→ **Work order**: What is needed here is an exact repetition of the records below, beginning at the line that has "for each certificate" and stopping after the line that has "(λ verdict. (verdict".

** Record excerpts follows **

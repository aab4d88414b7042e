//! The lines of committed tasks.
ghost use Rattle.std.specs.Prelude.{◌≡◌, [], ◌∷◌, IfOk, map, length};
ghost use Rattle.mt_types.specs.Values.{job_with};
ghost use Rattle.mt_types.specs.WellMade.{HasReducers, IsDocument};
ghost use Rattle.mt_certline.specs.Certificate.{listed_in};
ghost use Rattle.mt_certline.specs.declared.line.Line.TheVariants.{Task};
ghost use Rattle.mt_feeds.specs.FedJob.{lists_of};
ghost use Rattle.mt_cert.specs.Certifying.{sum_of_body};
ghost use Rattle.mt_cert.specs.Putting.{PutsTo, out_at};
ghost use Rattle.mt_cert.specs.Reading.{certificate_in, listed_by, reads_by, task_lines};

use crate::known::known_outputs;
use crate::page::{Halt, Page, put_line};
use crate::shares::{Opened, open};
use mt_base::Sequence;
use mt_certline::{Line, Listed};
use mt_edge::Sink;
use mt_types::{Body, Job, Phase, PhaseKind, TraceEntry};
use std::alloc::{AllocError, Global};

// One place.
fn only(alloc: Global, place: u64) -> Result<Sequence<u64>, AllocError>
    ensures { IfOk result (λ s. s ≡ place ∷ []) }
{
    let mut places = Vec::new(alloc);
    places.push(place)?;
    Ok(Sequence::from_vec(places))
}

// A copy of these places.
fn places(alloc: Global, share: &[u64]) -> Result<Sequence<u64>, AllocError>
    ensures { IfOk result (λ s. s ≡ share.now) }
{
    Ok(Sequence::from_vec(Vec::from_slice(alloc, share)?))
}

// The places that a task reads.
fn reads(alloc: Global, opened: &Opened, place: u64) -> Result<Sequence<u64>, AllocError>
    ensures { IfOk result (λ s. s ≡ reads_by opened.now.kind (lists_of opened.now.shares) place) }
{
    match opened.kind {
        PhaseKind::Map => only(alloc, place),
        PhaseKind::Reduce { count: _ } => match opened.shares.get(place as usize) {
            Some(share) => places(alloc, share),
            None => Ok(Sequence::new(alloc)),
        },
    }
}

// A committed task as it is listed.
fn listed(alloc: Global, opened: &Opened, entry: &TraceEntry<Body>) -> Result<Listed, AllocError>
    ensures { IfOk result (λ l. l ≡ listed_by opened.now.kind (lists_of opened.now.shares) entry.now) }
{
    Ok(Listed {
        phase: u64::from(entry.phase),
        place: entry.place,
        position: entry.position,
        outputs: known_outputs(alloc, &entry.outcome)?,
        reads: reads(alloc, opened, entry.place)?,
    })
}

// Puts the line of a committed task.
fn put_task<K: Sink>(
    alloc: Global,
    login: &str,
    opened: &Opened,
    entry: &TraceEntry<Body>,
    page: &mut Page,
    sink: &mut K,
) -> Result<(), Halt>
    ensures puts { PutsTo login.now (Task (listed_by opened.now.kind (lists_of opened.now.shares) entry.now) ∷ []) result (out_at page.old (K.got sink.old) (K.write_faults sink.old)) (out_at page.new (K.got sink.new) (K.write_faults sink.new)) }
    ensures stays { K.sink_stays sink.old sink.new }
{
    match listed(alloc, opened, entry) {
        Ok(task) => put_line(alloc, login, &Line::Task(task), page, sink),
        Err(_) => Err(Halt::Memory),
    }
}

// Puts the lines of the tasks of a phase, in the order of their commits.
fn put_tasks<K: Sink>(
    alloc: Global,
    login: &str,
    opened: &Opened,
    trace: &[TraceEntry<Body>],
    page: &mut Page,
    sink: &mut K,
) -> Result<(), Halt>
    ensures puts { PutsTo login.now (task_lines opened.now trace.now) result (out_at page.old (K.got sink.old) (K.write_faults sink.old)) (out_at page.new (K.got sink.new) (K.write_faults sink.new)) }
    ensures stays { K.sink_stays sink.old sink.new }
{
    for entry in trace {
        if entry.phase == opened.phase {
            put_task(alloc, login, opened, entry, page, sink)?;
        }
    }
    Ok(())
}

// Puts the lines of a phase.
fn put_phase<K: Sink>(
    alloc: Global,
    login: &str,
    job: &Job<Body>,
    number: u32,
    phase: &Phase,
    page: &mut Page,
    sink: &mut K,
) -> Result<(), Halt>
    requires { HasReducers phase.now.kind }
    ensures puts { PutsTo login.now (map (λ l. Task l) (listed_in (job_with sum_of_body job.now) (number, phase.now))) result (out_at page.old (K.got sink.old) (K.write_faults sink.old)) (out_at page.new (K.got sink.new) (K.write_faults sink.new)) }
    ensures stays { K.sink_stays sink.old sink.new }
{
    match open(alloc, job, number, phase.kind) {
        Ok(opened) => put_tasks(alloc, login, &opened, job.trace.as_slice(), page, sink),
        Err(_) => Err(Halt::Memory),
    }
}

/// Puts the lines of all committed tasks, phase by phase.
pub(crate) fn put_phases<K: Sink>(
    alloc: Global,
    login: &str,
    job: &Job<Body>,
    page: &mut Page,
    sink: &mut K,
) -> Result<(), Halt>
    requires { IsDocument job.now.document }
    ensures puts { PutsTo login.now (map (λ l. Task l) (certificate_in job.now).tasks) result (out_at page.old (K.got sink.old) (K.write_faults sink.old)) (out_at page.new (K.got sink.new) (K.write_faults sink.new)) }
    ensures stays { K.sink_stays sink.old sink.new }
{
    let phases = job.document.phases.as_slice();
    for (index, phase) in phases.iter().enumerate() {
        put_phase(alloc, login, job, index as u32, phase, page, sink)?;
    }
    Ok(())
}
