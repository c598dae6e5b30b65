ghost use Rattle.std.specs.Prelude.{◌≡◌, ◌↔◌, false, IfOk};
ghost use Rattle.cert_kit.specs.Row.{HasNoSolution};
ghost use Rattle.cert_kit.specs.Acceptance.{accepts, is_within, IsGood};
ghost use Rattle.cert_kit.specs.FirstFault.{first_fault};
ghost use Rattle.cert_check.specs.Verdict.{verdict_of};

use crate::close::check_cert;
use crate::fail::CheckFail;
use crate::rows::Rows;
use cert_kit::{Cert, Clause, Fault, PRow};
use std::alloc::{AllocError, Global};

/// What the rules say of a certificate.
#[derive(Clone, Copy, Debug, PartialEq, Eq)]
pub enum Verdict {
    /// It has no fault: no integer point solves the rows.
    Accepted,
    /// Its first fault is one of a rule.
    Rejected,
    /// Its first fault is one of a bound.
    Size,
}

// To find the last uses of rows, each row number that stands in a certificate is looked at once for each certificate
// round it that lets rows go. So those that are nested deeper than this let none go.
const LEVELS: u32 = 16;

/// What the rules say of a certificate over a clause.
pub fn check(alloc: Global, clause: &Clause, cert: &Cert) -> Result<Verdict, AllocError>
    ensures exact { IfOk result (λ verdict. verdict ≡ verdict_of (first_fault cert.now clause.now.rows)) }
    ensures accepted { IfOk result (λ verdict. (verdict ≡ Verdict.Accepted) ↔ IsGood clause.now.rows cert.now) }
    ensures rejected { IfOk result (λ verdict. verdict ≡ Verdict.Rejected → accepts cert.now clause.now.rows ≡ false) }
    ensures size { IfOk result (λ verdict. verdict ≡ Verdict.Size → is_within cert.now clause.now.rows ≡ false) }
    ensures sound { IfOk result (λ verdict. verdict ≡ Verdict.Accepted → HasNoSolution clause.now.rows) }
{
    Ok(verdict_on(fault_of(alloc, clause.rows.as_slice(), cert)?))
}

// The verdict that a first fault, or none, makes.
fn verdict_on(fault: Option<Fault>) -> Verdict
    ensures { result ≡ verdict_of fault }
{
    match fault {
        None => Verdict::Accepted,
        Some(Fault::Rule) => Verdict::Rejected,
        Some(Fault::Bound) => Verdict::Size,
    }
}

// The first fault of a certificate, if it has one.
fn fault_of(alloc: Global, given: &[PRow], cert: &Cert) -> Result<Option<Fault>, AllocError>
    ensures { IfOk result (λ fault. fault ≡ first_fault cert.now given.now) }
{
    let mut rows = Rows::new(alloc, given);
    match check_cert(alloc, &mut rows, LEVELS, cert) {
        Ok(()) => Ok(None),
        Err(CheckFail::Wrong(fault)) => Ok(Some(fault)),
        Err(CheckFail::NoMemory) => Err(AllocError),
    }
}
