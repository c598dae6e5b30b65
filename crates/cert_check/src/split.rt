ghost use Rattle.std.specs.Prelude.{◌≡◌, true, ◌&&◌, OnOk};
ghost use Rattle.cert_kit.specs.Meaning.{own_bounds, are_within, at_least_0};
ghost use Rattle.cert_kit.specs.Acceptance.{with_row, below_0, below_bounds};
ghost use Rattle.cert_kit.specs.declared.node.Fault.TheVariants.{Bound};
ghost use Rattle.cert_kit.specs.FirstFault.{unless};
ghost use Rattle.cert_check.specs.Checking.{Finds};

use crate::fail::CheckFail;
use crate::node::within;
use crate::rows::Rows;
use cert_kit::{Bounds, Op, PRow};
use mm_poly::Poly;
use std::alloc::{AllocError, Global};

/// Tests the bounds of the polynomial, and those of its negation less 1.
pub fn test_split(poly: &Poly) -> Result<(), CheckFail>
    ensures { Finds result (unless (are_within (own_bounds poly.now) && are_within (below_bounds poly.now)) Bound) }
{
    within(Bounds::of(poly).tested())?;
    within(Bounds::below(poly).tested())?;
    Ok(())
}

/// Appends the row that the polynomial is at least 0.
pub fn push_upper_side(alloc: Global, rows: &mut Rows<'_>, poly: &Poly) -> Result<(), AllocError>
    ensures { OnOk result (rows.new ≡ with_row rows.old (at_least_0 poly.now)) }
{
    rows.push(PRow {
        poly: poly.copy(alloc)?,
        op: Op::Ge,
    })
}

/// Appends the row that the polynomial's negation less 1 is at least 0.
pub fn push_lower_side(alloc: Global, rows: &mut Rows<'_>, poly: &Poly) -> Result<(), AllocError>
    requires { are_within (below_bounds poly.now) ≡ true }
    ensures { OnOk result (rows.new ≡ with_row rows.old (at_least_0 (below_0 poly.now))) }
{
    let negated = poly.multiple(alloc, -1)?;
    let poly = negated.into_sum(alloc, Poly::constant(alloc, -1)?)?;
    rows.push(PRow { poly, op: Op::Ge })
}
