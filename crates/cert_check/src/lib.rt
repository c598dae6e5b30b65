//! The checker of certificates.
//!
//! `check` says of a certificate over a clause whether the rules accept it, and why not: the verdict is that of the
//! certificate's first fault, and where there is none, no integer point solves the clause. Rows that steps append are let go
//! after their last use, so a long certificate takes the memory of the rows that are still to be used.
#![tactic(auto)]

mod checking;
mod close;
mod example;
mod fail;
mod interval;
mod node;
mod rows;
mod split;
mod step;
mod uses;
mod walk;
mod walked;

pub use checking::{Verdict, check};
pub use example::three_steps_are_good;
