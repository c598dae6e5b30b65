ghost use Rattle.std.specs.Prelude.{◌≡◌, ◌≤ℤ◌, OnOk};
ghost use Rattle.mm_num.specs.Small.{IsSmall};
ghost use Rattle.mm_poly.specs.Poly.{Fits};
ghost use Rattle.cert_kit.specs.Acceptance.{range_between, range_of, values_of, value_row, with_row};
ghost use Rattle.cert_check.specs.Checking.{Gives, expected};

use crate::fail::CheckFail;
use crate::rows::Rows;
use cert_kit::{Fault, Op, PRow, cut_row};
use mm_poly::Poly;
use sqlite_items::Boxed;
use std::alloc::{AllocError, Global};
use std::marker::Model;

/// A polynomial without constant term, and the least and the greatest value that it is said to have.
#[derive(Drop)]
pub struct Interval {
    poly: Poly,
    low: i128,
    high: i128,
}

impl Model for Interval {
    ghost use Rattle.cert_kit.specs.Acceptance.{Range};
    ghost use Rattle.cert_check.specs.Room.{ValuesHaveRoom};

    ghost Value = { Range };

    ghost view = { λ r. record { poly = r.poly; low = r.low; high = r.high } };

    ghost invariant = { λ r. ValuesHaveRoom (record { poly = r.poly; low = r.low; high = r.high }) };
}

impl Interval {
    /// The least value.
    pub fn low(&self) -> i128
        ensures value { result ≡ self.now.low }
        ensures small { IsSmall self.now.low }
    {
        self.low
    }

    /// How many values there are.
    pub fn count(&self) -> u128
        ensures { result ≡ values_of self.now }
    {
        if self.high < self.low {
            0
        } else {
            (self.high - self.low + 1).unsigned_abs()
        }
    }

    /// Appends the row that gives the polynomial this value.
    pub fn push_value(&self, alloc: Global, rows: &mut Rows<'_>, v: i128) -> Result<(), AllocError>
        requires low { self.now.low ≤ℤ v }
        requires high { v ≤ℤ self.now.high }
        ensures { OnOk result (rows.new ≡ with_row rows.old (value_row self.now.poly v)) }
    {
        rows.push(PRow {
            poly: self.poly.sum(alloc, &Poly::constant(alloc, -v)?)?,
            op: Op::Eq,
        })
    }

    /// The interval between the bounds that two rows give: both are inequalities, and their cuts have the same
    /// polynomial apart from its sign and the constants.
    pub fn of_rows(alloc: Global, lower: &PRow, upper: &PRow) -> Result<Boxed<Interval>, CheckFail>
        ensures { Gives result (expected (range_of lower.now upper.now)) }
    {
        if lower.op == Op::Eq || upper.op == Op::Eq {
            return Err(CheckFail::Wrong(Fault::Rule));
        }
        let lower = cut_row(alloc, lower)?;
        let upper = cut_row(alloc, upper)?;
        Interval::between(alloc, &lower.poly, &upper.poly)
    }

    // The interval between two polynomials that are at least 0.
    fn between(alloc: Global, lower: &Poly, upper: &Poly) -> Result<Boxed<Interval>, CheckFail>
        requires lower { Fits lower.now }
        requires upper { Fits upper.now }
        ensures { Gives result (expected (range_between lower.now upper.now)) }
    {
        if !lower.has_opposite_unknowns(upper) {
            return Err(CheckFail::Wrong(Fault::Rule));
        }
        let poly = lower.without_constant(alloc)?;
        let interval = Interval {
            poly,
            low: -lower.constant_term(),
            high: upper.constant_term(),
        };
        Ok(Boxed::new(alloc, interval)?)
    }
}
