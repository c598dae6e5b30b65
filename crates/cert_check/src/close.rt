ghost use Rattle.std.specs.Prelude.{◌≡◌, map, OnOk};
ghost use Rattle.cert_kit.specs.Acceptance.{ends_false};
ghost use Rattle.cert_kit.specs.FirstFault.{walk, first_fault, unless};
ghost use Rattle.cert_check.specs.Checking.{Gives, Finds, walked_range, close_fault, members_fault};

use crate::fail::CheckFail;
use crate::interval::Interval;
use crate::rows::Rows;
use crate::split::{push_lower_side, push_upper_side, test_split};
use crate::step::push_steps;
use crate::walk::walk_through;
use cert_kit::{Cert, Close, Fault, Psatz, false_row};
use sqlite_items::Boxed;
use std::alloc::Global;

/// Returns where the certificate has no fault over the rows, and fails with its first one. The rows stay as they
/// were where it returns. Rows are let go while there are levels left: a certificate of two steps or more takes one.
#[cycle(check)]
pub fn check_cert(
    alloc: Global,
    rows: &mut Rows<'_>,
    levels: u32,
    cert: &Cert,
) -> Result<(), CheckFail>
    ensures finds { Finds result (first_fault cert.now rows.old) }
    ensures rows { OnOk result (rows.new ≡ rows.old) }
{
    let before = rows.len();
    let steps = cert.steps.as_slice();
    push_steps(alloc, rows, levels, steps, &cert.close)?;
    let levels = levels.saturating_sub((steps.len() > 1) as u32);
    check_close(alloc, rows, levels, &cert.close)?;
    rows.truncate(before);
    Ok(())
}

#[cycle(check)]
fn check_close(
    alloc: Global,
    rows: &mut Rows<'_>,
    levels: u32,
    close: &Close,
) -> Result<(), CheckFail>
    ensures finds { Finds result (close_fault close.now rows.old) }
    ensures rows { OnOk result (rows.new ≡ rows.old) }
{
    match close {
        Close::Done => check_done(rows),
        Close::Split(poly, first, second) => {
            let before = rows.len();
            test_split(poly)?;
            push_upper_side(alloc, rows, poly)?;
            check_cert(alloc, rows, levels, first.get())?;
            rows.truncate(before);
            push_lower_side(alloc, rows, poly)?;
            check_cert(alloc, rows, levels, second.get())?;
            rows.truncate(before);
            Ok(())
        }
        Close::Enum(ends, members) => {
            let ends = ends.get();
            let interval = interval_of(alloc, rows, &ends.lower, &ends.upper)?;
            check_members(alloc, rows, levels, interval.get(), members.as_slice())
        }
    }
}

// The last row has to be constant and false.
fn check_done(rows: &Rows<'_>) -> Result<(), CheckFail>
    ensures { Finds result (unless (ends_false rows.now) Fault.Rule) }
{
    match rows.last() {
        Some(row) if false_row(row) => Ok(()),
        _ => Err(CheckFail::Wrong(Fault::Rule)),
    }
}

// A certificate for each value of the interval, in order.
#[cycle(check)]
fn check_members(
    alloc: Global,
    rows: &mut Rows<'_>,
    levels: u32,
    interval: &Interval,
    members: &[Cert],
) -> Result<(), CheckFail>
    ensures finds { Finds result (members_fault (map first_fault members.now) rows.old interval.now) }
    ensures rows { OnOk result (rows.new ≡ rows.old) }
{
    if interval.count() != members.len() as u128 {
        return Err(CheckFail::Wrong(Fault::Rule));
    }
    let before = rows.len();
    let mut value = interval.low();
    for member in members {
        interval.push_value(alloc, rows, value)?;
        check_cert(alloc, rows, levels, member)?;
        rows.truncate(before);
        value += 1;
    }
    Ok(())
}

// The interval that two expressions give.
fn interval_of(
    alloc: Global,
    rows: &Rows<'_>,
    lower: &Psatz,
    upper: &Psatz,
) -> Result<Boxed<Interval>, CheckFail>
    ensures { Gives result (walked_range (walk lower.now rows.now) (walk upper.now rows.now)) }
{
    let lower = walk_through(alloc, rows, lower)?;
    let upper = walk_through(alloc, rows, upper)?;
    Interval::of_rows(alloc, lower.get().row(), upper.get().row())
}
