ghost use Rattle.std.specs.Prelude.{◌≡◌};
ghost use Rattle.cert_check.specs.declared.fail.CheckFail.TheVariants.{NoMemory};

use cert_kit::Fault;
use std::alloc::AllocError;

/// Why a walk ended early.
#[derive(Clone, Copy, Debug, PartialEq, Eq)]
pub enum CheckFail {
    /// The certificate has this fault.
    Wrong(Fault),
    /// Memory ran out.
    NoMemory,
}

impl From<AllocError> for CheckFail {
    ghost from_gives = { λ _ e. e ≡ NoMemory };

    fn from(_e: AllocError) -> CheckFail {
        CheckFail::NoMemory
    }
}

** End of Record excerpts **

→ **Task answer**:
// To find the last uses of rows, each row number that stands in a certificate is looked at once for each certificate
// round it that lets rows go. So those that are nested deeper than this let none go.
const LEVELS: u32 = 16;

/// What the rules say of a certificate over a clause.
pub fn check(alloc: Global, clause: &Clause, cert: &Cert) -> Result<Verdict, AllocError>
    ensures exact { IfOk result (λ verdict. verdict ≡ verdict_of (first_fault cert.now clause.now.rows)) }
    ensures accepted { IfOk result (λ verdict. (verdict ≡ Verdict.Accepted) ↔ IsGood clause.now.rows cert.now) }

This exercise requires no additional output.